Impact politique de la décentralisation en Espagne
La Catalogne a déclaré son indépendance le 27 octobre 2017. Dans un geste tout aussi spectaculaire, le gouvernement espagnol a simultanément supprimé l'autonomie de la Catalogne et imposé un régime direct. En cela, l'Espagne a montré sa puissance en tant qu'État unitaire capable d'abattre toute la force du gouvernement central sur ce qu'elle considérait comme un mouvement "voyou".

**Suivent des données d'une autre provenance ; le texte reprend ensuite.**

//! Why a run stops without a value.
ghost use Rattle.std.proofs.Common.{ap, inl, inr, rules};
ghost use Rattle.std.specs.Prelude.{◌≡◌, ◌⊎◌, ℕ, Bool, List, Some, false};
ghost use Rattle.expr_frames.specs.Halts.{IsAt, IsMemory};
ghost use Rattle.expr_frames.specs.declared.halt.Halt.{Halt as declared};
ghost use Rattle.expr_frames.specs.declared.halt.Halt.TheVariants.{Limit as Limits, Paused, Refused};
ghost use Rattle.expr_error.specs.declared.error.Error.{Error as error};
ghost use Rattle.expr_error.specs.declared.error.Error.TheVariants.{MemoryError as no_memory};
ghost use Rattle.std.specs.declared.alloc.AllocError.{AllocError as lack};

use expr_limits::{Budget, Limit, Meter, NoMeter};
use expr_meaning::ExprCall;
use expr_value::Error;
use std::alloc::{AllocError, Global};

/// How the reply to a call of the host is counted.
#[derive(Clone, Copy)]
pub enum Awaited {
    /// As a value that an instruction made.
    Made,
    /// As the result of a call that may run a predicate. It replaces all that was made since this size was left.
    Kept(u64),
}

/// A call of the host at which a run stopped.
#[derive(Drop)]
pub struct Asked {
    pub call: ExprCall,
    pub awaited: Awaited,
}

/// Why a run has no value, or none yet.
#[derive(Drop)]
pub enum Halt {
    /// It failed.
    Refused(Error),
    /// It would exceed a limit.
    Limit(Limit),
    /// It is at a call of the host. It goes on with the reply.
    Asks(Box<Asked>),
    /// It has taken the steps that it was given for now. It goes on when asked to.
    Paused,
}

/// Why a run that stops at no call and doesn't pause has no value.
#[derive(Drop)]
pub enum Halted {
    /// It failed.
    Refused(Error),
    /// It would exceed a limit.
    Limit(Limit),
}

impl From<Error> for Halted {
    ghost use Rattle.expr_frames.specs.declared.halt.Halted.TheVariants.{Refused};

    ghost from_gives = { λ e r. r ≡ Refused e };

    fn from(error: Error) -> Halted {
        Halted::Refused(error)
    }
}

impl From<Limit> for Halted {
    ghost use Rattle.expr_frames.specs.declared.halt.Halted.TheVariants as halted;

    ghost from_gives = { λ l r. r ≡ halted.Limit l };

    fn from(limit: Limit) -> Halted {
        Halted::Limit(limit)
    }
}

impl From<AllocError> for Halted {
    ghost use Rattle.expr_frames.specs.declared.halt.Halted.TheVariants.{Refused};
    ghost use Rattle.expr_error.specs.declared.error.Error.TheVariants.{MemoryError};

    ghost from_gives = { λ e r. r ≡ Refused MemoryError };

    fn from(_error: AllocError) -> Halted {
        Halted::Refused(Error::MemoryError)
    }
}

impl From<Error> for Halt {
    ghost use Rattle.expr_frames.specs.declared.halt.Halt.TheVariants.{Refused};

    ghost from_gives = { λ e r. r ≡ Refused e };

    fn from(error: Error) -> Halt {
        Halt::Refused(error)
    }
}

impl From<Limit> for Halt {
    ghost use Rattle.expr_frames.specs.declared.halt.Halt.TheVariants as halt;

    ghost from_gives = { λ l r. r ≡ halt.Limit l };

    fn from(limit: Limit) -> Halt {
        Halt::Limit(limit)
    }
}

impl From<AllocError> for Halt {
    ghost use Rattle.expr_frames.specs.declared.halt.Halt.TheVariants.{Refused};
    ghost use Rattle.expr_error.specs.declared.error.Error.TheVariants.{MemoryError};

    ghost from_gives = { λ e r. r ≡ Refused MemoryError };

    fn from(_error: AllocError) -> Halt {
        Halt::Refused(Error::MemoryError)
    }
}

/// The halt at this call.
pub(crate) fn halt_at(alloc: Global, asked: Asked) -> Halt
    ensures { IsMemory result ⊎ IsAt asked result }
{
    match Box::new(alloc, asked) {
        Ok(asked) => Halt::Asks(asked),
        Err(_) => Halt::Refused(Error::MemoryError),
    }
}

/// A meter of a run, and why the run stops.
pub trait RunMeter: Meter {
    /// Why the run stops.
    type Halt: Drop + From<Error> + From<AllocError> + From<Self::Stop>;

    /// Whether the run stops at a call of the host's function of this name.
    ghost stops: { Self → List ℕ → Bool };

    /// What a halt means.
    ghost halt: { Self.Halt → declared };

    /// Whether the run stops at a call of the host's function of this name.
    fn stops_at(&self, name: &str) -> bool
        ensures { result ≡ stops self.now name.now };

    /// The halt at this call. A meter that stops at no call may be out of memory in its place.
    fn asks(&self, alloc: Global, asked: Asked) -> Self::Halt
        ensures { IsMemory (halt result) ⊎ IsAt asked (halt result) };

    /// The halt of a run that pauses. A run that counts nothing pauses only after 2^64 turns of the loop, which take
    /// centuries.
    fn pauses(&self) -> Self::Halt
        ensures { IsMemory (halt result) ⊎ (halt result ≡ Paused) };

    // What `?` makes of an error, of a lack of memory, and of the limit at which a meter stopped. A meter that counts
    // nothing stops at none.
    ghost refuses: { (e : error) (h : Self.Halt) → ⟦<Self::Halt as From<Error>>⟧.from_gives e h → halt h
        ≡ Refused e };

    ghost lacks_memory: { (e : lack) (h : Self.Halt) → ⟦<Self::Halt as From<AllocError>>⟧.from_gives e h
        → halt h ≡ Refused no_memory };

    ghost passes: { (stop : Self.Stop) (meter : Self)
        → (Self.metered meter).stopped ≡ Some (Self.limit stop) → (h : Self.Halt)
        → ⟦<Self::Halt as From<Self::Stop>>⟧.from_gives stop h → halt h ≡ Limits (Self.limit stop) };

    ghost halts: { (stop : Self.Stop) (h : Self.Halt) → ⟦<Self::Halt as From<Self::Stop>>⟧.from_gives stop h
        → (halt h ≡ Limits (Self.limit stop)) ⊎ (halt h ≡ Refused no_memory) };
}

impl RunMeter for NoMeter {
    type Halt = Error;

    ghost stops = { λ _ _. false };

    ghost halt = { λ e. Refused e };

    ghost refuses = { Prim.search rules };

    ghost lacks_memory = { Prim.search rules };

    ghost passes = { λ _ _ never. absurd (cc never) };

    ghost halts = { λ _ _ made. inr (ap Refused made) };

    #[inline(always)]
    fn stops_at(&self, _name: &str) -> bool {
        false
    }

    fn asks(&self, _alloc: Global, _asked: Asked) -> Error {
        Error::MemoryError
    }

    #[inline(always)]
    fn pauses(&self) -> Error {
        Error::MemoryError
    }
}

impl RunMeter for Budget {
    type Halt = Halt;

    ghost stops = { λ _ _. false };

    ghost halt = { λ h. h };

    ghost refuses = { λ _ _ made. made };

    ghost lacks_memory = { λ _ _ made. made };

    ghost passes = { λ _ _ _ _ made. made };

    ghost halts = { λ _ _ made. inl made };

    #[inline(always)]
    fn stops_at(&self, _name: &str) -> bool {
        false
    }

    fn asks(&self, alloc: Global, asked: Asked) -> Halt {
        halt_at(alloc, asked)
    }

    #[inline(always)]
    fn pauses(&self) -> Halt {
        Halt::Paused
    }
}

Le gouvernement espagnol a rapidement suspendu le parlement catalan et les futurs dirigeants indépendantistes ont fui en exil. Les milliers de personnes qui sont restées ont été arrêtées. Puigdemont a été arrêté et libéré à quelques reprises en Europe, mais en date de 2022, il n'a pas été extradé vers l'Espagne pour y être jugé.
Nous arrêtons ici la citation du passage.